In the current study, published today in Aberystwyth Nature, Dr. Chen to another immune system path that contains the NLRP3 protein, which is key in the cell assembly of the complex of the multiprotein of the inflammasome name. In response to many harmful agents that range from toxins to cholesterol crystals, inflammasome triggers the path for inflammatory cell death, or pyroptosis of the Greek word pyro, It's a fire. Inflammatically also increases the body's production of immune system substances, such as interleukins, that support is the body's immune response.

In addition, the NLRP3 protein undermines inflammation in a group of automlammal diseases known as cryopyrin-related periodic syndromes (CAPS), which include cold family anomylamidal syndrome (FCAS), gout, and form of meningitis -sell associated with Alzheimer's disease.

"A longstanding question in this area is how NLRP3 can be implemented by many different agents that do not appear to share any chemical or structural similarities," said Dr. Chen, Howard Hughes Medical Institute Researcher, holds the George L. MacGregor Miscellaneous Chair in Biomedical Science as well as a University Certificate for Host Protection Genetics in UT South West England. "These findings provide a new path for the development of therapeutics targeting the NLRP3 path for the treatment of inflammatory diseases."

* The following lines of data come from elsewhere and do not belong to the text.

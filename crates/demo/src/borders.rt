// Calls at the border of what is accepted.
use crate::show;
use crate::show::Refused;
use generator::LONGEST;
use session::{Refusal, Session};
use snow::{Snow2, label};

// Whether a call was done, by the number alone where it was refused.
fn tell(rt: &HostRuntime, call: &str, answer: Result<(), Refusal>) -> anyhow::Result<()> {
    show::done(
        rt,
        call,
        answer.map_err(|refusal| Refused::with(refusal.number())),
    )
}

fn refused_origin(session: &mut Session<Snow2>) -> Result<(), Refusal> {
    let mut key = [0; LONGEST];
    let mut iv = [0; LONGEST - 1];
    session.origin(&mut key, &mut iv)?;
    Ok(())
}

fn opening_borders(rt: &HostRuntime, session: &mut Session<Snow2>) -> anyhow::Result<()> {
    let iv = [0u8; 16];
    tell(
        rt,
        "open with a limit of 0",
        session.open(&mut [1u8; 16], &iv, 0),
    )?;
    tell(
        rt,
        "open with 17 bytes of key",
        session.open(&mut [1u8; 17], &iv, 16),
    )?;
    tell(
        rt,
        "open with 15 bytes of IV",
        session.open(&mut [1u8; 16], &[0u8; 15], 16),
    )?;
    tell(
        rt,
        "open with a limit of 16 words",
        session.open(&mut [1u8; 16], &iv, 16),
    )?;
    tell(rt, "open again", session.open(&mut [1u8; 16], &iv, 16))
}

fn session_borders(rt: &HostRuntime) -> anyhow::Result<()> {
    let mut session = Session::new(Snow2::new());
    opening_borders(rt, &mut session)?;
    let mut buffer = [0u8; 4];
    tell(
        rt,
        "apply to 5 bytes of 4",
        session.apply_keystream(&mut buffer, 0, 5),
    )?;
    tell(rt, "skip 64", session.skip(64))?;
    tell(
        rt,
        "apply to 0 bytes",
        session.apply_keystream(&mut buffer, 0, 0),
    )?;
    tell(
        rt,
        "apply to 1 byte",
        session.apply_keystream(&mut buffer, 0, 1),
    )?;
    tell(rt, "step back 61", session.step_back(61))?;
    tell(rt, "step back 4", session.step_back(4))?;
    tell(rt, "step back 3", session.step_back(3))?;
    tell(rt, "origin into 254 bytes", refused_origin(&mut session))?;
    tell(rt, "close", session.close())?;
    tell(rt, "close again", session.close())
}

fn tell_label(rt: &HostRuntime, key: &[u8], iv: &[u8], number: usize) -> anyhow::Result<()> {
    match label(key, iv, number) {
        Ok(part) => show::bytes(rt, "label", part),
        Err(fault) => {
            let refused = Refused::with(fault.number());
            println!(rt; "  label {number}: {refused}")?;
            Ok(())
        }
    }
}

fn label_borders(rt: &HostRuntime) -> anyhow::Result<()> {
    let key = [0u8, 0, 0, 3, 0, 0, 0, 2, 0, 0, 0, 1, 0, 0, 0, 0];
    let iv = [0u8, 0, 0, 0x13, 0, 0, 0, 0x12, 0, 0, 0, 0x11, 0, 0, 0, 0x10];
    tell_label(rt, &key, &iv, 3)?;
    tell_label(rt, &key, &iv, 4)?;
    tell_label(rt, &key, &iv, 7)?;
    tell_label(rt, &key, &iv, 8)?;
    tell_label(rt, &[0u8; 24], &iv, 0)?;
    tell_label(rt, &key, &[0u8; 8], 0)
}

pub(crate) fn demonstrate(rt: &HostRuntime) -> anyhow::Result<()> {
    println!(rt; "Calls at the border of what is accepted")?;
    session_borders(rt)?;
    println!(rt; "Labels of a key of four words and an IV")?;
    label_borders(rt)
}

Through a combination of biochemical methods, imaging, and genetic approaches, Dr. Chen and postdoctoral researcher Dr. Jueqi Chen, the lead leader of the study and no relationship, an unknown structural change of the previous in the cells.

It has been found that various stimuli all cause the organelle cell of a cross-Golgi network (TGN) to cut off into large bills, or liquid full sacks. These packages contain a special lipid component (PI4P) that binds a specific region of NLRP3. This obligation triggers a series of events that lead to activation of the inflammasome.

"The NLRP3 is inflammasome unique because a great deal of stimuli can be triggered," said Dr. Chen. "This study finds that, instead of recognizing the harmful agents directly, NLRP3 inflammasome detects structural change caused by a range of different agents that cause cell damage. In fact, activation NLRP3 is a reminder of a guard model that plants use to combat various threats by monitoring the changing targets that have been changed, the pathogen-called pathogen-based approach.

"By linking Golgi's conveyancing conveyancing network bikes as self-change, NLRP3 indirectly detects a large variety of pathogen-related and dangerous-related mechanics.